### ACTIVITY:
Starting at the top of the entries below, set down each line exactly as written, and stop after the line containing "pub fn definition_laws()".

### DATA FOR ANALYSIS:
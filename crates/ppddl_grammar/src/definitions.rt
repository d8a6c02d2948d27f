//! Which domains and problems are accepted, as relations without refusals.

ghost use Rattle.ppddl_grammar.specs.definitions.Laws.{DomainIsDerived, DomainIsAccepted};
ghost use Rattle.ppddl_grammar.specs.definitions.Laws.{ProblemIsDerived, ProblemIsAccepted};

/// A domain or a problem is accepted exactly where its forms spell it.
pub fn definition_laws()
    ensures domain_derived { DomainIsDerived }
    ensures domain_accepted { DomainIsAccepted }
    ensures problem_derived { ProblemIsDerived }
    ensures problem_accepted { ProblemIsAccepted }
{}
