//! Which texts spell which tasks, as a relation without an order of reading and without refusals.

ghost use Rattle.ppddl_grammar.specs.texts.Laws.{TaskIsDerived, TaskIsAccepted, OneTaskIsRead};

/// A task is read of one text or of two exactly where the texts spell it, and they spell at most one.
pub fn text_laws()
    ensures derived { TaskIsDerived }
    ensures accepted { TaskIsAccepted }
    ensures one { OneTaskIsRead }
{}
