// Calls that are run, proved, verified and audited: all four tell the same, and an update leaves both sides with the same state.
use crate::sides::{Sides, made_sides, sides_of};
use cli_stage::runs::{Call, Run, made, proved, run_words};
use cli_stage::stage::{Stage, staged};
use program_texts::{BST, LOG, MERKLE, SWITCH, TWO};
use std::alloc::{AllocError, Global};
use std::test::Fail;
use std::thread::Threads;

/// A role, the argument, the fuel and how many pieces are kept; the status, the outcome, and how many pieces of the proof are new, how many
/// are used again, and its bytes.
type Row<'a> = ([&'a str; 4], u8, &'a str, [u64; 3]);

const SWITCH_ROWS: [Row; 6] = [
    (["both", "()", "1", "1"], 0, "done (true, true)", [1, 1, 15]),
    (["both", "()", "1", "0"], 0, "done (true, true)", [2, 0, 18]),
    (
        ["over", "()", "1000000000000", "0"],
        3,
        "trap overflow",
        [1, 0, 12],
    ),
    (["flip", "()", "0", "16"], 4, "out of fuel", [0, 0, 6]),
    (
        ["flip", "()", "1", "2"],
        0,
        "done (#6e340b9cffb37a989ca544e6bb780a2c78901d3fb33738768511a30617afa01d, true)",
        [1, 0, 12],
    ),
    (
        ["both", "()", "00000000000000000001", "00000000000000001024"],
        0,
        "done (false, false)",
        [1, 1, 15],
    ),
];

const TWO_ROWS: [Row; 4] = [
    (
        ["three", "()", "1", "0"],
        0,
        "done (true, (false, true))",
        [3, 0, 24],
    ),
    (
        ["three", "()", "1", "1"],
        0,
        "done (true, (false, true))",
        [3, 0, 24],
    ),
    (
        ["three", "()", "1", "2"],
        0,
        "done (true, (false, true))",
        [2, 1, 21],
    ),
    (
        ["three", "()", "1", "1024"],
        0,
        "done (true, (false, true))",
        [2, 1, 21],
    ),
];
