// What a reading keeps, as text (docs/RULES.md, 'Outline'): a line `o` for the answer, then a line for each token, error and node.
// A text goes into a lent buffer as far as that has room.
#![tactic(auto)]

ghost use Rattle.std.specs.Prelude.{ℕ, ◌+◌, ◌*◌, ◌≤◌, ◌≡◌, List, [], ◌∷◌, ◌++◌, get_or};
ghost use Rattle.io.specs.Counts.{IsPrefixLen};
ghost use Rattle.form.specs.Text.{Holds, Adds, field, line_of, lines_of, head_of, read_of, text_of, outline_of};

use entry::{Answer, Way};
use records::Outcome;
use rules::Rule;

// The longest script that is read.
const MOST_BYTES: usize = 4096;

// A buffer of so many bytes holds any outline whole: `outline_fits` in `outlining`.
pub const OUTLINE_BYTES: usize = 287353;

// Words for 2,048 tokens, 256 errors and 1,600 nodes, and for an index of the tokens.
const TOKEN_WORDS: usize = records::TOKEN_WIDTH * 2048;

const ERROR_WORDS: usize = records::ERROR_WIDTH * 256;

const NODE_WORDS: usize = records::NODE_WIDTH * 1600;

const INDEX_WORDS: usize = records::INDEX_WIDTH * 2048;

// A lent buffer, and how many of its bytes are written.
#[derive(Drop)]
struct Page<'a> {
    out: &'a mut [u8],
    at: usize,
}

impl<'a> Page<'a> {
    // Nothing is written yet.
    fn new(out: &'a mut [u8]) -> Page<'a>
        ensures same { result.out.ghost_name ≡ out.entry.ghost_name }
        ensures bytes { result.out.now ≡ out.old }
        ensures start { result.at ≡ 0 }
    {
        Page { out, at: 0 }
    }

    // One byte more.
    fn push(&mut self, byte: u8)
        ensures { Adds (byte ∷ []) self.old self.new }
    {
        if self.at < self.out.len() {
            self.out[self.at] = byte;
            self.at += 1;
        }
    }

    // All bytes of s.
    fn text(&mut self, s: &[u8])
        ensures { Adds s.now self.old self.new }
    {
        for byte in s {
            self.push(*byte);
        }
    }

    // A space and a number.
    fn number(&mut self, n: u32)
        ensures { Adds (field n) self.old self.new }
    {
        let mut digits = [0u8; 20];
        let k = io::decimal(u64::from(n), &mut digits);
        self.push(b' ');
        self.text(&digits[..k]);
    }

    // A line: a letter, and the words that are shown of the record at a place.
    fn line(&mut self, letter: u8, table: &[u32], from: usize, shown: &[usize])
        ensures { Adds (line_of letter table.now from shown.now) self.old self.new }
    {
        self.push(letter);
        for k in shown {
            self.number(word(table, from, *k));
        }
        self.push(b'\n');
    }

    // A line for each of so many records.
    fn lines(&mut self, letter: u8, table: &[u32], width: usize, shown: &[usize], count: u32)
        requires { width ≤ 9 }
        ensures { Adds (lines_of letter table.now width shown.now count) self.old self.new }
    {
        for i in 0..count {
            self.line(letter, table, width * (i as usize), shown);
        }
    }

    // The answer's line.
    fn head(&mut self, r: Answer)
        ensures { Adds (head_of (r.outcome ∷ r.tokens ∷ r.errors ∷ r.nodes ∷ r.first ∷ [])) self.old self.new }
    {
        let row = [r.outcome, r.tokens, r.errors, r.nodes, r.first];
        self.line(b'o', &row, 0, &[0, 1, 2, 3, 4]);
    }

    // An answer and the tables that it left.
    fn reading(&mut self, r: Answer, tokens: &[u32], errors: &[u32], nodes: &[u32])
        ensures { (X : List ℕ) → Adds (text_of (read_of r tokens.now errors.now nodes.now X)) self.old self.new }
    {
        self.head(r);
        let token = [0, 1, 2, 3, 7];
        self.lines(b't', tokens, records::TOKEN_WIDTH, &token, r.tokens);
        let error = [0, 1, 2];
        self.lines(b'e', errors, records::ERROR_WIDTH, &error, r.errors);
        let node = [0, 1, 2, 3, 4, 5, 6, 7, 8];
        self.lines(b'n', nodes, records::NODE_WIDTH, &node, r.nodes);
    }

    // The outline of a script.
    fn outline(&mut self, source: &[u8])
        ensures { Adds (outline_of source.now) self.old self.new }
    {
        if MOST_BYTES < source.len() {
            self.head(Answer {
                outcome: Outcome::TooLong as u32,
                ..Answer::default()
            });
            return;
        }
        let mut tokens = [0u32; TOKEN_WORDS];
        let mut errors = [0u32; ERROR_WORDS];
        let mut nodes = [0u32; NODE_WORDS];
        let mut index = [0u32; INDEX_WORDS];
        let r = reader::read(
            Rule::ONE,
            Way::GoOn as u32,
            source,
            &mut tokens,
            &mut errors,
            &mut nodes,
            &mut index,
        );
        self.reading(r, &tokens, &errors, &nodes);
    }
}

// Word k of a table, counted from a place on; 0 past its end.
fn word(table: &[u32], from: usize, k: usize) -> u32
    ensures { result ≡ get_or table.now (from + k) 0 }
{
    match from.checked_add(k) {
        Some(at) => table.get(at).copied().unwrap_or(0),
        None => 0,
    }
}

// The outline of a script, within the rooms of docs/RULES.md, 'Outline', on the old way: 11 is never printed.
pub fn outline(source: &[u8], out: &mut [u8]) -> usize
    ensures holds { Holds (outline_of source.now) out.old out.new result }
    ensures prefix_len { IsPrefixLen result out.new }
{
    let mut page = Page::new(out);
    page.outline(source);
    page.at
}
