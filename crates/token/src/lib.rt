// The token type of token.rs: the kind numbers, named here once, and the kind of a name.
#![tactic(auto)]

ghost use Rattle.std.specs.Prelude.{◌≡◌, min, ◌≤◌, length};
ghost use Rattle.token.specs.Keyword.{keyword_of, part};
ghost use Rattle.token.specs.Page.{letters_from};

// A token's kind: its place in the `Token` enum, EOF 0 to Catch 49.
#[derive(Clone, Copy)]
pub struct Token {
    pub kind: u32,
}

impl Token {
    pub const EOF: u32 = 0;

    pub const NEWLINE: u32 = 1;

    pub const LEFT_PAREN: u32 = 2;

    pub const RIGHT_PAREN: u32 = 3;

    pub const LEFT_BRACE: u32 = 4;

    pub const RIGHT_BRACE: u32 = 5;

    pub const RIGHT_CURLY_BRACE: u32 = 6;

    pub const LEFT_CURLY_BRACE: u32 = 7;

    pub const COMMA: u32 = 8;

    pub const DOT: u32 = 9;

    pub const MINUS: u32 = 10;

    pub const PLUS: u32 = 11;

    pub const SLASH: u32 = 12;

    pub const MOD: u32 = 13;

    pub const STAR: u32 = 14;

    pub const POWER: u32 = 15;

    pub const COLON: u32 = 16;

    pub const SEMICOLON: u32 = 17;

    pub const BANG_EQUAL: u32 = 18;

    pub const EQUAL: u32 = 19;

    pub const EQUAL_EQUAL: u32 = 20;

    pub const GREATER: u32 = 21;

    pub const GREATER_EQUAL: u32 = 22;

    pub const LESS: u32 = 23;

    pub const LESS_EQUAL: u32 = 24;

    pub const IDENTIFIER: u32 = 25;

    pub const STRING: u32 = 26;

    pub const NUMBER: u32 = 27;

    pub const AND: u32 = 28;

    pub const CLASS: u32 = 29;

    pub const ELSE: u32 = 30;

    pub const FALSE: u32 = 31;

    pub const FN: u32 = 32;

    pub const FOR: u32 = 33;

    pub const IF: u32 = 34;

    pub const ELIF: u32 = 35;

    pub const NIL: u32 = 36;

    pub const OR: u32 = 37;

    pub const RETURN: u32 = 38;

    pub const BREAK: u32 = 39;

    pub const CONTINUE: u32 = 40;

    pub const SUPER: u32 = 41;

    pub const THIS: u32 = 42;

    pub const TRUE: u32 = 43;

    pub const LET: u32 = 44;

    pub const WHILE: u32 = 45;

    pub const NOT: u32 = 46;

    pub const IN: u32 = 47;

    pub const TRY: u32 = 48;

    pub const CATCH: u32 = 49;

    // The token that the bytes of s from a up to e spell, as far as s has them: a keyword, or an Identifier.
    pub fn keyword(s: &[u8], a: usize, e: usize) -> Self
        ensures { result.kind ≡ keyword_of (part a e s.now) }
    {
        let kind = match s.get(a..e.min(s.len())) {
            Some(name) => keywords(name),
            None => Token::IDENTIFIER,
        };
        Token { kind }
    }
}

// The decision over the 22 words of `keywords` in lexer.rs, on one page: by length first, then by letters, within a length in the
// table's order. A word stands as the number that its letters make, two digits for each: a is 61, o 6f, p 70, z 7a. Then come its
// kind, its row in the table and its letters. specs/Page.antt is the same page in letters that the prover reads.
pub fn keywords(x: &[u8]) -> u32
    ensures { result ≡ keyword_of x.now }
{
    match x.len() {
        2 => match letters(x) {
            0x66_6e => Token::FN, // 5 fn
            0x69_66 => Token::IF, // 7 if
            0x6f_72 => Token::OR, // 10 or
            0x69_6e => Token::IN, // 20 in
            _ => Token::IDENTIFIER,
        },
        3 => match letters(x) {
            0x61_6e_64 => Token::AND, // 1 and
            0x66_6f_72 => Token::FOR, // 6 for
            0x6e_69_6c => Token::NIL, // 9 nil
            0x6c_65_74 => Token::LET, // 17 let
            0x6e_6f_74 => Token::NOT, // 19 not
            0x74_72_79 => Token::TRY, // 21 try
            _ => Token::IDENTIFIER,
        },
        4 => match letters(x) {
            0x65_6c_73_65 => Token::ELSE, // 3 else
            0x65_6c_69_66 => Token::ELIF, // 8 elif
            0x74_68_69_73 => Token::THIS, // 15 this
            0x74_72_75_65 => Token::TRUE, // 16 true
            _ => Token::IDENTIFIER,
        },
        5 => match letters(x) {
            0x63_6c_61_73_73 => Token::CLASS, // 2 class
            0x66_61_6c_73_65 => Token::FALSE, // 4 false
            0x62_72_65_61_6b => Token::BREAK, // 12 break
            0x73_75_70_65_72 => Token::SUPER, // 14 super
            0x77_68_69_6c_65 => Token::WHILE, // 18 while
            0x63_61_74_63_68 => Token::CATCH, // 22 catch
            _ => Token::IDENTIFIER,
        },
        6 => match letters(x) {
            0x72_65_74_75_72_6e => Token::RETURN, // 11 return
            _ => Token::IDENTIFIER,
        },
        8 => match letters(x) {
            0x63_6f_6e_74_69_6e_75_65 => Token::CONTINUE, // 13 continue
            _ => Token::IDENTIFIER,
        },
        _ => Token::IDENTIFIER,
    }
}

// The letters of x as one number, a byte each, the first the highest: eight of them fit.
fn letters(x: &[u8]) -> u64
    requires { length x.now ≤ 8 }
    ensures { result ≡ letters_from 0 x.now }
{
    let mut n: u64 = 0;
    for &b in x {
        n = n * 256 + b as u64;
    }
    n
}
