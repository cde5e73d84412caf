// What a line of the input says.
ghost use Rattle.geodsolve.specs.Lines.{Says};

use script::row;
use std::error::Error;
use std::fmt;

// Two points, in degrees. `vectors_inverse` has these four names too: a crate for both would hold
// nothing else.
#[derive(Clone, Copy, PartialEq, Debug)]
pub struct Ends {
    pub lat1: f64,
    pub lon1: f64,
    pub lat2: f64,
    pub lon2: f64,
}

// A line that is not four decimal numbers.
#[derive(Clone, Copy, PartialEq, Eq, Hash, Debug)]
pub struct NotTwoPoints;

impl fmt::Display for NotTwoPoints {
    ghost use Rattle.std.specs.Prelude.{Some, codes};

    ghost output = { λ _. Some (codes "not two points") };

    fn fmt<W: fmt::Write>(&self, f: &mut fmt::Formatter<W>) -> fmt::Result {
        write!(f, "not two points")
    }
}

impl Error for NotTwoPoints {}

// The two points of a line, if it is not blank and does not begin with #.
pub fn read(line: &str) -> Result<Option<Ends>, NotTwoPoints>
    ensures { Says line.now result }
{
    let Some(numbers) = row::<4, NotTwoPoints>(line, NotTwoPoints)? else {
        return Ok(None);
    };
    let [lat1, lon1, lat2, lon2] = numbers;
    Ok(Some(Ends {
        lat1,
        lon1,
        lat2,
        lon2,
    }))
}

### TASK RESULT:
filename crates/ppddl_grammar/src/definitions.rt
repository d8a6c02d2948d27f
//! Which domains and problems are accepted, as relations without refusals.

ghost use Rattle.ppddl_grammar.specs.definitions.Laws.{DomainIsDerived, DomainIsAccepted};
ghost use Rattle.ppddl_grammar.specs.definitions.Laws.{ProblemIsDerived, ProblemIsAccepted};

/// A domain or a problem is accepted exactly where its forms spell it.
pub fn definition_laws()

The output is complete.